## TO DO
Even the shortest line counts, so transcribe all the data exactly.

## DATASET ENTRIES
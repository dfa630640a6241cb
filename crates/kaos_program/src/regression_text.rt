//! The text of candidates for obstacles: a first line, one for each candidate in the order in which they were found, and one that says
//! whether a candidate was left out. The bytes are those of specs/Regressing.antt.

ghost use Rattle.std.specs.Prelude.{◌≡◌, ◌++◌, All, map, OnOk, IfOk};
ghost use Rattle.bound_unfolding.specs.CoreTexts.{CoreFits};
ghost use Rattle.bound_unfolding.specs.CoreView.{core_tree_of};
ghost use Rattle.goal_model.specs.ModelViews.{model_of};
ghost use Rattle.obstacle_regression.specs.Views.{regressed_of};
ghost use Rattle.kaos_program.specs.Regressing.{standing_text, candidate_line, candidate_lines, more_line, regression_text as text_of_regression};

use crate::regression::Assessed;
use bound_unfolding::{Core, core_text};
use goal_model::Model;
use obstacle_regression::Standing;
use source_sink::{Memory, put, put_decimal};
use std::alloc::Global;

fn put_standing(out: &mut Vec<u8>, standing: Standing) -> Result<(), Memory>
    ensures { OnOk result (out.new.items ≡ out.old.items ++ standing_text standing) }
{
    match standing {
        Standing::Possible => put(out, b"possible"),
        Standing::Impossible => put(out, b"impossible"),
        Standing::Withheld(budget) => {
            put(out, b"withheld at ")?;
            put_decimal(out, budget as u64)
        }
    }
}

// The line of the candidate of a number, from 1.
#[tactic(auto, unfolding(crate::specs::Regressing::candidate_line))]
fn put_line(
    out: &mut Vec<u8>,
    alloc: Global,
    model: &Model,
    number: u64,
    candidate: &Core,
    standing: Standing,
) -> Result<(), Memory>
    requires fits { CoreFits (model_of model.now).ranges (core_tree_of candidate.now) }
    ensures { OnOk result (out.new.items ≡ out.old.items ++ candidate_line (model_of model.now) number (core_tree_of candidate.now) standing) }
{
    put(out, b"candidate ")?;
    put_decimal(out, number)?;
    put(out, b": ")?;
    put(out, &core_text(alloc, model.space(), candidate)?)?;
    put(out, b": ")?;
    put_standing(out, standing)?;
    put(out, b"\n")
}

// There is a standing for each candidate, in order; past the shorter of the two there is nothing to write.
fn put_lines(
    out: &mut Vec<u8>,
    alloc: Global,
    model: &Model,
    candidates: &[Core],
    standings: &[Standing],
) -> Result<(), Memory>
    requires fits { All (λ c. CoreFits (model_of model.now).ranges (core_tree_of c)) candidates.now }
    ensures { OnOk result (out.new.items ≡ out.old.items ++ candidate_lines (model_of model.now) 1 (map core_tree_of candidates.now) standings.now) }
{
    let count = candidates.len().min(standings.len());
    'candidates: for place in 0..count {
        put_line(
            out,
            alloc,
            model,
            place as u64 + 1,
            &candidates[place],
            standings[place],
        )?;
    }
    Ok(())
}

/// The text of the candidates of a goal that was looked into under a budget.
#[tactic(auto, unfolding(crate::specs::Regressing::regression_text))]
pub(crate) fn regression_text(
    alloc: Global,
    model: &Model,
    budget: u32,
    regression: &Assessed,
) -> Result<Vec<u8>, Memory>
    requires fits { All (λ c. CoreFits (model_of model.now).ranges (core_tree_of c)) regression.now.found.list.items }
    ensures { IfOk result (λ out. out.items ≡ text_of_regression budget (model_of model.now) (regressed_of regression.now.found) regression.now.standings.items) }
{
    let mut out = Vec::new(alloc);
    put(&mut out, b"kaos regress 1 budget ")?;
    put_decimal(&mut out, budget as u64)?;
    put(&mut out, b"\n")?;
    put_lines(
        &mut out,
        alloc,
        model,
        &regression.found.list,
        &regression.standings,
    )?;
    put(
        &mut out,
        if regression.found.more {
            b"more: yes\n"
        } else {
            b"more: no\n"
        },
    )?;
    Ok(out)
}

## YOUR SOLUTION
repository dfa630640a6241cb
filename crates/kaos_program/src/regression_text.rt
//! The text of candidates for obstacles: a first line, one for each candidate in the order in which they were found, and one that says
//! whether a candidate was left out. The bytes are those of specs/Regressing.antt.

ghost use Rattle.std.specs.Prelude.{◌≡◌, ◌++◌, All, map, OnOk, IfOk};
ghost use Rattle.bound_unfolding.specs.CoreTexts.{CoreFits};
ghost use Rattle.bound_unfolding.specs.CoreView.{core_tree_of};
ghost use Rattle.goal_model.specs.ModelViews.{model_of};
ghost use Rattle.obstacle_regression.specs.Views.{regressed_of};
ghost use Rattle.kaos_program.specs.Regressing.{standing_text, candidate_line, candidate_lines, more_line, regression_text as text_of_regression};

use crate::regression::Assessed;
use bound_unfolding::{Core, core_text};
use goal_model::Model;
use obstacle_regression::Standing;
use source_sink::{Memory, put, put_decimal};
use std::alloc::Global;

fn put_standing(out: &mut Vec<u8>, standing: Standing) -> Result<(), Memory>
    ensures { OnOk result (out.new.items ≡ out.old.items ++ standing_text standing) }
{
    match standing {
        Standing::Possible => put(out, b"possible"),
        Standing::Impossible => put(out, b"impossible"),
        Standing::Withheld(budget) => {
            put(out, b"withheld at ")?;
            put_decimal(out, budget as u64)
        }
    }
}

// The line of the candidate of a number, from 1.
#[tactic(auto, unfolding(crate::specs::Regressing::candidate_line))]
fn put_line(
    out: &mut Vec<u8>,
    alloc: Global,
    model: &Model,
    number: u64,
    candidate: &Core,
    standing: Standing,
) -> Result<(), Memory>
    requires fits { CoreFits (model_of model.now).ranges (core_tree_of candidate.now) }
    ensures { OnOk result (out.new.items ≡ out.old.items ++ candidate_line (model_of model.now) number (core_tree_of candidate.now) standing) }
{
    put(out, b"candidate ")?;
    put_decimal(out, number)?;
    put(out, b": ")?;
    put(out, &core_text(alloc, model.space(), candidate)?)?;
    put(out, b": ")?;
    put_standing(out, standing)?;
    put(out, b"\n")
}

// There is a standing for each candidate, in order; past the shorter of the two there is nothing to write.
fn put_lines(
    out: &mut Vec<u8>,
    alloc: Global,
    model: &Model,
    candidates: &[Core],
    standings: &[Standing],
) -> Result<(), Memory>
    requires fits { All (λ c. CoreFits (model_of model.now).ranges (core_tree_of c)) candidates.now }
    ensures { OnOk result (out.new.items ≡ out.old.items ++ candidate_lines (model_of model.now) 1 (map core_tree_of candidates.now) standings.now) }
{
    let count = candidates.len().min(standings.len());
    'candidates: for place in 0..count {
        put_line(
            out,
            alloc,
            model,
            place as u64 + 1,
            &candidates[place],
            standings[place],
        )?;
    }
    Ok(())
}

/// The text of the candidates of a goal that was looked into under a budget.
#[tactic(auto, unfolding(crate::specs::Regressing::regression_text))]
pub(crate) fn regression_text(
    alloc: Global,
    model: &Model,
    budget: u32,
    regression: &Assessed,
) -> Result<Vec<u8>, Memory>
    requires fits { All (λ c. CoreFits (model_of model.now).ranges (core_tree_of c)) regression.now.found.list.items }
    ensures { IfOk result (λ out. out.items ≡ text_of_regression budget (model_of model.now) (regressed_of regression.now.found) regression.now.standings.items) }
{
    let mut out = Vec::new(alloc);
    put(&mut out, b"kaos regress 1 budget ")?;
    put_decimal(&mut out, budget as u64)?;
    put(&mut out, b"\n")?;
    put_lines(
        &mut out,
        alloc,
        model,
        &regression.found.list,
        &regression.standings,
    )?;
    put(
        &mut out,
        if regression.found.more {
            b"more: yes\n"
        } else {
            b"more: no\n"
        },
    )?;
    Ok(out)
}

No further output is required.